Image: Examples of DCR images (Photo courtesy of Rie Tanaka/ Kanazawa University)
Dynamic chest radiography (DCR) holds promise for assessment of tumor invasion and adhesion in the parietal pleura, according to a new study.
Researchers at Kanazawa University (Japan), Duke University (Durham NC, USA), and Yokohama City University (Japan) conducted a proof-of-concept study to investigate the feasibility of preoperative evaluation of pleural invasion/adhesion of lung tumors with DCR, using a four‐dimensional (4D) extended cardiac‐torso (XCAT) computational phantom with simulated respiratory and cardiac motions; to simulate lung tumors, a 30‐mm diameter sphere was inserted into each lobe of the phantom.
The virtual patient during respiration was virtually projected using an X‐ray simulator in posteroanterior (PA) and oblique directions, and sequential bone suppression (BS) images were created. Measurement points (tumor, rib, and diaphragm) were automatically tracked on the simulated images by a template matching technique. The researchers then calculated five quantitative metrics related to the movement distance and directions of the targeted tumor, and evaluated whether DCR could distinguish between tumors with and without pleural invasion/adhesion.
The results showed precise tracking of the targeted tumor, without undue influence of rib shadows. There was a significant difference in all five quantitative metrics between the lung tumors with and without pleural invasion. Metrics related to movement distance were effective for tumors in the middle and lower lobes, while those related to movement directions were effective for tumors close to the frontal chest wall on the oblique projection view. The oblique views were useful for the evaluation of the space between the chest wall and a moving tumor.
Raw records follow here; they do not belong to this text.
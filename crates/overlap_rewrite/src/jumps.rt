//! The regions' bytes in the file: jumps to the copies.

ghost use Rattle.std.specs.Prelude.{◌≡◌, ◌+◌, ◌-◌, ◌≤◌, All, IfOk, OnOk, length};
ghost use Rattle.erim_defs.specs.Inspection.Image.{segments};
ghost use Rattle.erim_defs.specs.Rewriting.Layout.{region_bytes};
ghost use Rattle.erim_defs.specs.Rewriting.NewFile.{file_place, with_bytes, with_jumps};
ghost use Rattle.erim_defs.specs.Rewriting.Sites.{region_end, region_start};
ghost use Rattle.erim_defs.specs.Rewriting.NewFile.{HasPlace};

use crate::bytes::put_at;
use copy_layout::file_place;
use elf_image::Image;
use erim_defs::NoMemory;
use run_copies::{NOP, RegionCopy};
use std::alloc::{AllocError, Global};

/// What stands in a region's place: the jump to its copy, and NOPs.
fn region_bytes(alloc: Global, copy: &RegionCopy<'_>) -> Result<Vec<u8>, AllocError>
    requires { region_start copy.now.region + 5 ≤ region_end copy.now.region }
    ensures bytes { IfOk result (λ bytes. bytes.items ≡ region_bytes copy.now) }
    ensures length { IfOk result (λ bytes. length bytes.items
        ≡ region_end copy.now.region - region_start copy.now.region) }
{
    let region = copy.region();
    let mut bytes = Vec::from_slice(alloc, &copy.jump())?;
    bytes.resize((region.end() - region.start()) as usize, NOP)?;
    Ok(bytes)
}

/// Puts a region's bytes into the file of an image.
fn put_jump(
    alloc: Global,
    file: &mut [u8],
    image: &Image,
    copy: &RegionCopy<'_>,
) -> Result<(), NoMemory>
    requires place { HasPlace image.now copy.now.region }
    requires length { length file.old ≡ length image.now }
    ensures put { OnOk result (file.new
        ≡ with_bytes (file_place (segments image.now) (region_start copy.now.region))
        (region_bytes copy.now) file.old) }
    ensures length { OnOk result (length file.new ≡ length image.now) }
{
    let bytes = region_bytes(alloc, copy)?;
    let place = file_place(image, copy.region().start());
    put_at(file, place as usize, bytes.as_slice());
    Ok(())
}

/// Puts the bytes of all regions into the file of an image.
pub fn put_jumps(
    alloc: Global,
    file: &mut [u8],
    image: &Image,
    copies: &[RegionCopy<'_>],
) -> Result<(), NoMemory>
    requires places { All (λ k. HasPlace image.now k.region) copies.now }
    requires length { length file.old ≡ length image.now }
    ensures put { OnOk result (file.new ≡ with_jumps (segments image.now) copies.now file.old) }
    ensures length { OnOk result (length file.new ≡ length image.now) }
{
    for copy in copies {
        put_jump(alloc, file, image, copy)?;
    }
    Ok(())
}
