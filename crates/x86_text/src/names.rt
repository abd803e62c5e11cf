//! The names of instructions, widths and scales.

ghost use Rattle.std.specs.Prelude.{◌≡◌, Some, codes};
ghost use Rattle.erim_defs.specs.Encoding.Notation.{alu_name, shift_name, unary_name, scale_text};
ghost use Rattle.erim_defs.specs.Encoding.Notation.{width_text, lock_text, notation_of};

use erim_defs::{AluOp, Insn, ShiftOp, UnaryOp, Width};

fn alu_name(op: AluOp) -> &'static str
    ensures { result.now ≡ alu_name op }
{
    match op {
        AluOp::Add => "add",
        AluOp::Or => "or",
        AluOp::Adc => "adc",
        AluOp::Sbb => "sbb",
        AluOp::And => "and",
        AluOp::Sub => "sub",
        AluOp::Xor => "xor",
        AluOp::Cmp => "cmp",
    }
}

fn shift_name(op: ShiftOp) -> &'static str
    ensures { result.now ≡ shift_name op }
{
    match op {
        ShiftOp::Shl => "shl",
        ShiftOp::Shr => "shr",
        ShiftOp::Sar => "sar",
    }
}

fn unary_name(op: UnaryOp) -> &'static str
    ensures { result.now ≡ unary_name op }
{
    match op {
        UnaryOp::Not => "not",
        UnaryOp::Neg => "neg",
        UnaryOp::Inc => "inc",
        UnaryOp::Dec => "dec",
    }
}

/// 2 ^ `scale`, where it is 0 to 3.
pub fn scale_text(scale: u8) -> &'static str
    ensures { result.now ≡ scale_text scale }
{
    match scale {
        0 => "1",
        1 => "2",
        2 => "4",
        _ => "8",
    }
}

/// How many bytes an instruction works on, or nothing.
pub fn width_text(width: Option<Width>) -> &'static str
    ensures { result.now ≡ width_text width }
{
    match width {
        None => "",
        Some(Width::W1) => "1",
        Some(Width::W4) => "4",
        Some(Width::W8) => "8",
    }
}

/// What stands before the name.
pub fn lock_text(lock: bool) -> &'static str
    ensures { result.now ≡ lock_text lock }
{
    if lock { "lock " } else { "" }
}

/// The name of an instruction, without its width.
#[tactic(auto, unfolding(erim_defs::specs::Encoding::Notation::notation_of))]
pub fn insn_name(insn: &Insn) -> &'static str
    ensures { result.now ≡ (notation_of insn.now).name }
{
    match *insn {
        Insn::Alu { op, .. } => alu_name(op),
        Insn::Test { .. } => "test",
        Insn::Xchg { .. } => "xchg",
        Insn::Mov { .. } => "mov",
        Insn::MovWide { .. } => "movwide",
        Insn::Lea { .. } => "lea",
        Insn::Push { .. } => "push",
        Insn::Pop { .. } => "pop",
        Insn::MovSxd { .. } => "movsxd",
        Insn::MovZx { .. } => "movzx",
        Insn::MovSx { .. } => "movsx",
        Insn::Imul { .. } => "imul",
        Insn::Jcc { .. } => "jcc",
        Insn::Jmp { .. } => "jmp",
        Insn::Call { .. } => "call",
        Insn::JmpTo { .. } => "jmpto",
        Insn::CallTo { .. } => "callto",
        Insn::Ret => "ret",
        Insn::Leave => "leave",
        Insn::Widen { .. } => "widen",
        Insn::Spread { .. } => "spread",
        Insn::Shift { op, .. } => shift_name(op),
        Insn::Unary { op, .. } => unary_name(op),
        Insn::Cmov { .. } => "cmov",
        Insn::Set { .. } => "set",
        Insn::Bt { .. } => "bt",
        Insn::Cmpxchg { .. } => "cmpxchg",
        Insn::Xadd { .. } => "xadd",
        Insn::Syscall => "syscall",
        Insn::Wrpkru => "wrpkru",
        Insn::Rdpkru => "rdpkru",
        Insn::Xrstor { .. } => "xrstor",
        Insn::Fence { .. } => "fence",
        Insn::Nop => "nop",
    }
}
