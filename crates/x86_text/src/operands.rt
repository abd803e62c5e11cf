//! Writes the operands of instructions.

ghost use Rattle.std.specs.Prelude.{◌≡◌, ◌++◌, OnOk, codes};
ghost use Rattle.erim_defs.specs.Encoding.Notation.{register_text, base_text, index_text};
ghost use Rattle.erim_defs.specs.Encoding.Notation.{displacement_text, memory_text, place_text};
ghost use Rattle.erim_defs.specs.Encoding.Notation.{operands_text};
ghost use Rattle.x86_text.specs.Operands.{operand_text, operand_texts};

use crate::lines::Text;
use crate::names::scale_text;
use crate::operand_list::{Operand, OperandList};
use erim_defs::{Base, Mem, Place};
use std::io::{Result, Write};

fn put_register(text: &mut Text, number: u8) -> Result<()>
    ensures { OnOk result (text.new.items ≡ text.old.items ++ register_text number) }
{
    write!(text, "r{number}")
}

fn put_base(text: &mut Text, base: Base) -> Result<()>
    ensures { OnOk result (text.new.items ≡ text.old.items ++ base_text base) }
{
    match base {
        Base::Zero => write!(text, "0"),
        Base::Reg(number) => put_register(text, number),
        Base::Rip => write!(text, "rip"),
    }
}

/// The index, where there is one, with its scale.
fn put_index(text: &mut Text, index: Option<u8>, scale: u8) -> Result<()>
    ensures { OnOk result (text.new.items ≡ text.old.items ++ index_text index scale) }
{
    match index {
        None => Ok(()),
        Some(number) => {
            let times = scale_text(scale);
            write!(text, "+r{number}*{times}")
        }
    }
}

/// A number that always has a sign.
fn put_displacement(text: &mut Text, number: i32) -> Result<()>
    ensures { OnOk result (text.new.items ≡ text.old.items ++ displacement_text number) }
{
    if number.is_negative() {
        write!(text, "{number}")
    } else {
        write!(text, "+{number}")
    }
}

fn put_memory(text: &mut Text, memory: Mem) -> Result<()>
    ensures { OnOk result (text.new.items ≡ text.old.items ++ memory_text memory) }
{
    write!(text, "[")?;
    put_base(text, memory.base)?;
    put_index(text, memory.index, memory.scale)?;
    put_displacement(text, memory.disp)?;
    write!(text, "]")
}

fn put_place(text: &mut Text, place: Place) -> Result<()>
    ensures { OnOk result (text.new.items ≡ text.old.items ++ place_text place) }
{
    match place {
        Place::Reg(number) => put_register(text, number),
        Place::High(number) => write!(text, "h{number}"),
        Place::At(memory) => put_memory(text, memory),
    }
}

fn put_operand(text: &mut Text, operand: Operand) -> Result<()>
    ensures { OnOk result (text.new.items ≡ text.old.items ++ operand_text operand) }
{
    match operand {
        Operand::Place(place) => put_place(text, place),
        Operand::Signed(number) => write!(text, "{number}"),
        Operand::Number(number) => write!(text, "{number}"),
        Operand::Cl => write!(text, "cl"),
    }
}

/// A further operand.
fn put_more(text: &mut Text, operand: Operand) -> Result<()>
    ensures { OnOk result (text.new.items ≡ text.old.items ++ codes ", " ++ operand_text operand) }
{
    write!(text, ", ")?;
    put_operand(text, operand)
}

/// The first operand, with a space before it.
fn put_first(text: &mut Text, operand: Operand) -> Result<()>
    ensures { OnOk result (text.new.items ≡ text.old.items ++ codes " " ++ operand_text operand) }
{
    write!(text, " ")?;
    put_operand(text, operand)
}

/// Operands, with a space before them where there are any.
pub fn put_operands(text: &mut Text, operands: OperandList) -> Result<()>
    ensures { OnOk result (text.new.items ≡
        text.old.items ++ operands_text (operand_texts operands)) }
{
    match operands {
        OperandList::None => Ok(()),
        OperandList::One(first) => put_first(text, first),
        OperandList::Two(first, second) => {
            put_first(text, first)?;
            put_more(text, second)
        }
        OperandList::Three(first, second, third) => {
            put_first(text, first)?;
            put_more(text, second)?;
            put_more(text, third)
        }
    }
}
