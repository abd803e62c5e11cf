//! The program header of the new segment (ELF-64, "Program header").

ghost use Rattle.std.specs.Prelude.{◌≡◌, ◌+◌, ◌++◌, OnOk, length};
ghost use Rattle.erim_defs.specs.Output.LayImage.{program_header};
ghost use Rattle.erim_defs.specs.declared.elf.TheConstants.{PF_R, PF_X, PT_LOAD};

use erim_defs::elf::{PF_R, PF_X, PT_LOAD};
use erim_defs::page::PAGE_SIZE;
use image_gen::{NewHeader, push_program_header};
use std::alloc::AllocError;

/// Appends the header of a segment of code: where it stands in the file and in memory, and its
/// bytes.
pub fn push_header(
    file: &mut Vec<u8>,
    place: u64,
    vaddr: u64,
    segment: &[u8],
) -> Result<(), AllocError>
    ensures { OnOk result (file.new.items ≡ file.old.items ++ program_header (record {
      kind = PT_LOAD;
      flags = PF_R + PF_X;
      place = place;
      vaddr = vaddr;
      bytes = segment.now;
      memsz = length segment.now;
      align = 4096;
    })) }
{
    let size = segment.len() as u64;
    let header = NewHeader {
        kind: PT_LOAD,
        flags: PF_R + PF_X,
        place,
        vaddr,
        filesz: size,
        memsz: size,
        align: PAGE_SIZE,
    };
    push_program_header(file, &header)
}
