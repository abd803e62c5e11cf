//! The file of a rewritten image.

ghost use Rattle.std.specs.Prelude.{◌≡◌, ◌^◌, ◌+◌, ◌∷◌, ◌<◌, ◌≤◌, [], All, IfOk, OnOk, length};
ghost use Rattle.erim_defs.specs.Inspection.Image.{segments};
ghost use Rattle.erim_defs.specs.Output.LayImage.{halves, xwords};
ghost use Rattle.erim_defs.specs.Rewriting.Layout.{segment_bytes};
ghost use Rattle.erim_defs.specs.Rewriting.NewFile.{new_file, new_table_place, segment_place};
ghost use Rattle.erim_defs.specs.Rewriting.NewFile.{with_bytes, file_with_jumps};
ghost use Rattle.erim_defs.specs.declared.elf.TheConstants.{E_PHNUM, E_PHOFF};
ghost use Rattle.erim_defs.specs.Rewriting.NewFile.{HasPlace};
ghost use Rattle.erim_defs.specs.declared.limits.TheConstants.{MOST_COPIED};

use crate::bytes::put_at;
use crate::header::push_header;
use crate::jumps::put_jumps;
use copy_layout::Layout;
use elf_image::Image;
use erim_defs::NoMemory;
use erim_defs::elf::{E_PHNUM, E_PHOFF};
use erim_defs::field::{u16_bytes, u64_bytes};
use erim_defs::page::PAGE_SIZE;
use image_gen::{multiple_from, push_at};
use run_copies::RegionCopy;
use std::alloc::Global;

/// The place of the new segment in the file.
fn segment_place(image: &Image) -> u64
    ensures place { result ≡ segment_place image.now }
    ensures low { result ≤ 2 ^ 63 + 4096 }
{
    multiple_from(PAGE_SIZE, image.bytes().len() as u64)
}

/// The place of the new table of program headers.
fn new_table_place(image: &Image, layout: &Layout<'_>) -> u64
    requires bytes { layout.now.segment.items ≡ segment_bytes layout.now.copies.items }
    requires few { length layout.now.segment.items ≤ MOST_COPIED }
    ensures { result ≡ new_table_place image.now layout.now.copies.items }
{
    multiple_from(8, segment_place(image) + layout.segment.len() as u64)
}

/// Says where the table of program headers is, and how many they are.
fn put_table(file: &mut [u8], place: u64, count: u16)
    requires { 64 ≤ length file.old }
    ensures { file.new ≡ with_bytes E_PHOFF (xwords (place ∷ []))
        (with_bytes E_PHNUM (halves (count ∷ [])) file.old) }
{
    put_at(file, E_PHNUM, &u16_bytes(count));
    put_at(file, E_PHOFF, &u64_bytes(place));
}

/// The old bytes with the regions changed, and what they say of the table.
fn file_with_jumps(alloc: Global, image: &Image, layout: &Layout<'_>) -> Result<Vec<u8>, NoMemory>
    requires places { All (λ k. HasPlace image.now k.region) layout.now.copies.items }
    requires bytes { layout.now.segment.items ≡ segment_bytes layout.now.copies.items }
    requires few { length layout.now.segment.items ≤ MOST_COPIED }
    ensures { IfOk result (λ file. file.items ≡ file_with_jumps image.now layout.now.copies.items) }
{
    let mut file = Vec::from_slice(alloc, image.bytes())?;
    put_jumps(alloc, file.as_mut_slice(), image, layout.copies.as_slice())?;
    let place = new_table_place(image, layout);
    put_table(file.as_mut_slice(), place, image.header_count() + 1);
    Ok(file)
}

/// The file of the image that is rewritten by a layout of copies from an address on.
pub fn new_file(
    alloc: Global,
    image: &Image,
    base: u64,
    layout: &Layout<'_>,
) -> Result<Vec<u8>, NoMemory>
    requires places { All (λ k. HasPlace image.now k.region) layout.now.copies.items }
    requires bytes { layout.now.segment.items ≡ segment_bytes layout.now.copies.items }
    requires few { length layout.now.segment.items ≤ MOST_COPIED }
    ensures { IfOk result (λ file. file.items
        ≡ new_file image.now base layout.now.copies.items) }
{
    let segment = layout.segment.as_slice();
    let place = segment_place(image);
    let mut file = file_with_jumps(alloc, image, layout)?;
    push_at(&mut file, place, segment)?;
    push_at(
        &mut file,
        new_table_place(image, layout),
        image.header_table(),
    )?;
    push_header(&mut file, place, base, segment)?;
    Ok(file)
}
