//! Rewrites an image so that nothing of its code is unsafe: `rewrite_image` of an image, `rewrite`
//! of the bytes of one.
//!
//! Both meet `rewriting` of `erim_defs`, out of memory aside, and say besides that what they answer
//! is accepted and has an empty unsafe list. In the files: `jumps` puts the regions' bytes into the
//! file, `bytes` puts bytes in place of others, `header` appends the new program header, and `file`
//! makes the new file of them. `causes` tests what leaves a whole image without room, with the
//! check of the new file, and `rewriting` does it all.
#![tactic(auto)]

mod bytes;
mod causes;
mod file;
mod header;
mod jumps;
mod rewriting;

pub use rewriting::{RewriteFault, Rewritten, rewrite, rewrite_image};
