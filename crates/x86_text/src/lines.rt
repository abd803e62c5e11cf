//! The line of an instruction.

ghost use Rattle.std.specs.Prelude.{◌≡◌, ◌++◌, OnOk, OnErr};
ghost use Rattle.erim_defs.specs.Encoding.Notation.{insn_line};
ghost use Rattle.erim_defs.specs.Output.Texts.{address_text};

use crate::instruction::put_insn;
use arrayvec::ArrayVec;
use erim_defs::{Insn, NoMemory};
use std::io::{Result as IoResult, Write};

/// More bytes than any line has: two memory operands would fit.
const ROOM: usize = 128;

/// A line while it is made. It stands on the stack, so that a line is appended whole or not at all.
pub type Text = ArrayVec<u8, ROOM>;

fn put_address(text: &mut Text, addr: u64) -> IoResult<()>
    ensures { OnOk result (text.new.items ≡ text.old.items ++ address_text addr) }
{
    write!(text, "0x{addr:012x}")
}

/// Writes the line of an instruction at an address.
#[tactic(auto, unfolding(erim_defs::specs::Encoding::Notation::insn_line))]
fn put_line(text: &mut Text, addr: u64, insn: &Insn) -> IoResult<()>
    ensures { OnOk result (text.new.items ≡ text.old.items ++ insn_line addr insn.now) }
{
    put_address(text, addr)?;
    write!(text, " ")?;
    put_insn(text, insn)?;
    writeln!(text)
}

/// Appends the line of an instruction at an address, or changes nothing.
pub fn line(addr: u64, insn: &Insn, out: &mut Vec<u8>) -> Result<(), NoMemory>
    ensures line { OnOk result (out.new.items ≡ out.old.items ++ insn_line addr insn.now) }
    ensures kept { OnErr result (out.new.items ≡ out.old.items) }
{
    let mut text = Text::new();
    match put_line(&mut text, addr, insn) {
        Ok(()) => Ok(out.extend_from_slice(text.as_slice())?),
        Err(_full) => Err(NoMemory),
    }
}
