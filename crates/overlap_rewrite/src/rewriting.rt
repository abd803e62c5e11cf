//! Rewrites an image.

ghost use Rattle.std.specs.Prelude.{◌≡◌, [], All, IfOk, List, MatchResult, Ok};
ghost use Rattle.erim_defs.specs.Inspection.Image.{IsAccepted};
ghost use Rattle.erim_defs.specs.Inspection.Unsafe.{image_list};
ghost use Rattle.erim_defs.specs.Rewriting.Layout.{segment_bytes};
ghost use Rattle.erim_defs.specs.Rewriting.Rewriting.{rewriting_of, first_at, first_of_all};
ghost use Rattle.erim_defs.specs.Rewriting.Rewriting.{on_regions};
ghost use Rattle.erim_defs.specs.Rewriting.Rewriting.{image_regions, rewriting};
ghost use Rattle.erim_defs.specs.Rewriting.Rewriting as definitions;
ghost use Rattle.erim_defs.specs.Rewriting.Sites as sites;
ghost use Rattle.erim_defs.specs.Rewriting.NewFile.{HasPlace};
ghost use Rattle.overlap_rewrite.specs.Answers.{RewriteFaultIs, RewrittenIs, image_fault};
ghost use Rattle.overlap_rewrite.specs.Answers.{layout_fault, site_fault};
ghost use Rattle.overlap_rewrite.specs.declared.rewriting.RewriteFault.TheVariants.{Memory};

use crate::causes::file_with;
use copy_layout::{Layout, LayoutFault, first_at, lay_copies};
use elf_image::{Image, ImageFault, read_image};
use erim_defs::{NoMemory, Why};
use rewrite_sites::{
    Region, SiteFault, Sites, functions_of, image_program, image_regions, sites_of,
};
use rewriting_laws::{regions_lie_in_file, rewriting_is_clean};
use std::alloc::{AllocError, Global};

/// A rewritten image, and the sites at which it was rewritten.
#[derive(Drop)]
pub struct Rewritten {
    pub bytes: Vec<u8>,
    pub sites: Sites,
}

/// Why an image isn't rewritten.
#[derive(Drop)]
pub enum RewriteFault {
    /// It isn't accepted.
    Image(ImageFault),
    /// The unsafe sequence at an address can't be rewritten.
    Cannot { at: u64, why: Why },
    /// There is no room for the copy of a region; the address of its first unsafe sequence.
    NoRoom { at: u64 },
    /// Memory ran out.
    Memory,
}

impl From<AllocError> for RewriteFault {
    ghost from_gives = { λ _ fault. fault ≡ Memory };

    fn from(_refused: AllocError) -> RewriteFault {
        RewriteFault::Memory
    }
}

impl From<NoMemory> for RewriteFault {
    ghost from_gives = { λ _ fault. fault ≡ Memory };

    fn from(_refused: NoMemory) -> RewriteFault {
        RewriteFault::Memory
    }
}

impl From<ImageFault> for RewriteFault {
    ghost from_gives = { λ of fault. fault ≡ image_fault of };

    fn from(of: ImageFault) -> RewriteFault {
        match of {
            ImageFault::Memory => RewriteFault::Memory,
            fault => RewriteFault::Image(fault),
        }
    }
}

impl From<SiteFault> for RewriteFault {
    ghost from_gives = { λ of fault. fault ≡ site_fault of };

    fn from(of: SiteFault) -> RewriteFault {
        match of {
            SiteFault::Cannot { at, why } => RewriteFault::Cannot { at, why },
            SiteFault::Memory => RewriteFault::Memory,
        }
    }
}

impl From<LayoutFault> for RewriteFault {
    ghost from_gives = { λ of fault. fault ≡ layout_fault of };

    fn from(of: LayoutFault) -> RewriteFault {
        match of {
            LayoutFault::NoRoom { at } => RewriteFault::NoRoom { at },
            LayoutFault::Memory => RewriteFault::Memory,
        }
    }
}

/// The address of the first unsafe sequence of all regions.
fn first_of_all(regions: &[Region<'_>]) -> u64
    ensures { result ≡ first_of_all regions.now }
{
    match regions.first() {
        Some(region) => first_at(region.elements()),
        None => 0,
    }
}

/// Rewrites an image by a layout of the copies of its regions.
fn rewrite_by(
    alloc: Global,
    image: &Image,
    regions: &[Region<'_>],
    layout: &Layout<'_>,
) -> Result<Rewritten, RewriteFault>
    requires places { All (λ k. HasPlace image.now k.region) layout.now.copies.items }
    requires bytes { layout.now.segment.items ≡ segment_bytes layout.now.copies.items }
    ensures { let answer = rewriting_of image.now regions.now (Ok layout.now.copies.items) in
        MatchResult result (RewrittenIs answer) (RewriteFaultIs answer) }
{
    let sites = sites_of(alloc, regions)?;
    match file_with(alloc, image, layout)? {
        Some(bytes) => Ok(Rewritten { bytes, sites }),
        None => Err(RewriteFault::NoRoom {
            at: first_of_all(regions),
        }),
    }
}

/// Rewrites an image at its regions. Where there are none its bytes stay as they are.
fn rewrite_regions<'a>(
    alloc: Global,
    image: &Image,
    regions: &'a [Region<'a>],
) -> Result<Rewritten, RewriteFault>
    requires { All (HasPlace image.now) regions.now }
    ensures { let answer = on_regions image.now (Ok regions.now) in
        MatchResult result (RewrittenIs answer) (RewriteFaultIs answer) }
{
    if regions.is_empty() {
        let bytes = Vec::from_slice(alloc, image.bytes())?;
        let sites = sites_of(alloc, regions)?;
        return Ok(Rewritten { bytes, sites });
    }
    let layout = lay_copies(alloc, image, regions)?;
    rewrite_by(alloc, image, regions, &layout)
}

/// What is known of an image, since it was accepted.
fn rewriting_facts(image: &Image)
    ensures regions { rewriting image.now ≡ on_regions image.now (image_regions image.now) }
    ensures places { (regions : List sites.Region) → image_regions image.now ≡ Ok regions
        → All (HasPlace image.now) regions }
    ensures clean { (new : definitions.Rewritten) → rewriting image.now ≡ Ok new
        → IsAccepted new.bytes × (image_list new.bytes ≡ []) }
{
    let _bytes = image.bytes();
    rewriting_is_clean();
    regions_lie_in_file();
}

/// Rewrites an image at the regions of its unsafe sequences.
fn rewrite_accepted(alloc: Global, image: &Image) -> Result<Rewritten, RewriteFault>
    ensures { let answer = on_regions image.now (image_regions image.now) in
        MatchResult result (RewrittenIs answer) (RewriteFaultIs answer) }
{
    rewriting_facts(image);
    let functions = functions_of(alloc, image)?;
    let program = image_program(alloc, image, functions.as_slice())?;
    let regions = image_regions(alloc, image, &program)?;
    rewrite_regions(alloc, image, regions.as_slice())
}

/// Rewrites an image.
pub fn rewrite_image(alloc: Global, image: &Image) -> Result<Rewritten, RewriteFault>
    ensures exact { MatchResult result (RewrittenIs (rewriting image.now))
        (RewriteFaultIs (rewriting image.now)) }
    ensures clean { IfOk result (λ new. IsAccepted new.bytes.items
        × (image_list new.bytes.items ≡ [])) }
{
    rewriting_facts(image);
    rewrite_accepted(alloc, image)
}

/// Rewrites the image that some bytes are.
pub fn rewrite(alloc: Global, bytes: &[u8]) -> Result<Rewritten, RewriteFault>
    ensures exact { MatchResult result (RewrittenIs (rewriting bytes.now))
        (RewriteFaultIs (rewriting bytes.now)) }
    ensures clean { IfOk result (λ new. IsAccepted new.bytes.items
        × (image_list new.bytes.items ≡ [])) }
{
    match read_image(alloc, bytes) {
        Ok(image) => rewrite_image(alloc, &image),
        Err(fault) => Err(RewriteFault::from(fault)),
    }
}
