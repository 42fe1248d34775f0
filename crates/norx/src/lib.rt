// What NORX 3.0 is stands in specs/, and the laws about it in proofs/. This crate has no code.
#![tactic(auto)]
The study was published on February 3, 2021, in Medical Physics.
“Imaging modalities like cine MRI or breathing chest CT can be used to assess tumor invasion and adhesion, but both are more costly than x-ray; MRI often isn't available, while CT carries a higher radiation burden than radiography,” said lead author Rie Tanaka, PhD, of Kanazawa University. “With DCR, a series of sequential chest radiographs are obtained of a standing patient through a 10-second respiratory cycle. Except for the breathing pattern, images are acquired in the same manner as a conventional radiograph.”
Preoperative assessment of tumor invasion and adhesion is imperative when planning surgical excision of lung tumors. If the tumor moves independent of parietal or mediastinal pleura, it means that it is not invasive or strongly adheres to lung tissue, and therefore may be easier to remove surgically.